→ Goal of the exercise: Each line of the material that includes the string "AllocError" counts once; report the total and nothing further.

---+---

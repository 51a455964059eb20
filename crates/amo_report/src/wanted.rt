//! The choice of a text, and that text.
ghost use Rattle.std.specs.Prelude.{◌≡◌, ◌≤◌, Ok, IfOk, IfErr, string_bytes};
ghost use Rattle.amo_plan.specs.PlanSeen.{plan_seen};
ghost use Rattle.amo_render.specs.Written.{IsNotMade};
ghost use Rattle.amo_report.specs.Stops.{stops_in};
ghost use Rattle.amo_report.specs.Texts.{report_of};

use crate::checking::check_text;
use crate::explorer::explore;
use crate::report::report_text;
use crate::running::simulate;
use crate::stops::{MOST_STOPS, stops_text};
use amo_plan::{Plan, PlanFault};
use amo_render::{PlanText, ReplayFault};
use std::alloc::{AllocError, Global};

/// `Wanted`: the text of a plan that the caller chooses.
#[derive(Clone, Copy, Debug, PartialEq, Eq)]
pub enum Wanted {
    /// The report of its replay.
    Report,
    /// The line of a check.
    Check,
    /// The text of the explorer.
    Explored {
        /// The number of the first schedule, at most `MOST_FIRST`.
        from: u64,
        /// How many schedules, 1 to `MOST_COUNT`.
        count: u32,
        /// How many turns each of them has, at most `MOST_TURNS`.
        turns: u32,
    },
    /// The text of stops.
    Stops {
        /// The worker, from 1. The plan may have fewer.
        worker: u32,
    },
}

/// Returns the report of a plan, in the world after its schedule and its passes. Fails if there was
/// no memory.
fn plan_report(alloc: Global, plan: &Plan) -> Result<String, AllocError>
    ensures { IfOk result (λ s. string_bytes s ≡ report_of (plan_seen plan.now)) }
{
    let world = simulate(alloc, plan)?;
    report_text(alloc, plan, &world)
}

/// Returns the text of stops of worker p. The error is `Plan(NoSuchWorker(0))` if the plan has no
/// such worker, then `Plan(TooLong)` if it has more than `MOST_STOPS` moves, or out of memory.
#[tactic(auto, unfolding(crate::specs::Stops::stops_in))]
fn plan_stops(alloc: Global, plan: &Plan, p: u32) -> Result<String, ReplayFault>
    requires { 1 ≤ p }
    ensures text { IfOk result (λ s. stops_in (plan_seen plan.now) p ≡ Ok (string_bytes s)) }
    ensures refused { IfErr result (λ e. IsNotMade e (stops_in (plan_seen plan.now) p)) }
{
    if p > plan.heads.givens.workers {
        return Err(ReplayFault::Plan(PlanFault::NoSuchWorker(0)));
    }
    if plan.heads.moves.as_slice().len() > MOST_STOPS {
        return Err(ReplayFault::Plan(PlanFault::TooLong));
    }
    Ok(stops_text(alloc, plan, p)?)
}

impl PlanText for Wanted {
    ghost use Rattle.amo_report.specs.Wanted.{text_of, IsWithinRanges};

    ghost fits = { IsWithinRanges };

    ghost made = { text_of };

    /// Returns the text. For stops the error is `Plan(NoSuchWorker(0))` if the plan has no such
    /// worker, then `Plan(TooLong)` if it has more than `MOST_STOPS` moves. The only other error is
    /// out of memory.
    fn make(&self, alloc: Global, plan: &Plan) -> Result<String, ReplayFault> {
        match *self {
            Wanted::Report => Ok(plan_report(alloc, plan)?),
            Wanted::Check => Ok(check_text(alloc, plan)?),
            Wanted::Explored { from, count, turns } => {
                let text = explore(alloc, plan, from, count, turns)?;
                Ok(text)
            }
            Wanted::Stops { worker } => plan_stops(alloc, plan, worker),
        }
    }
}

---+---

→ Your response: 2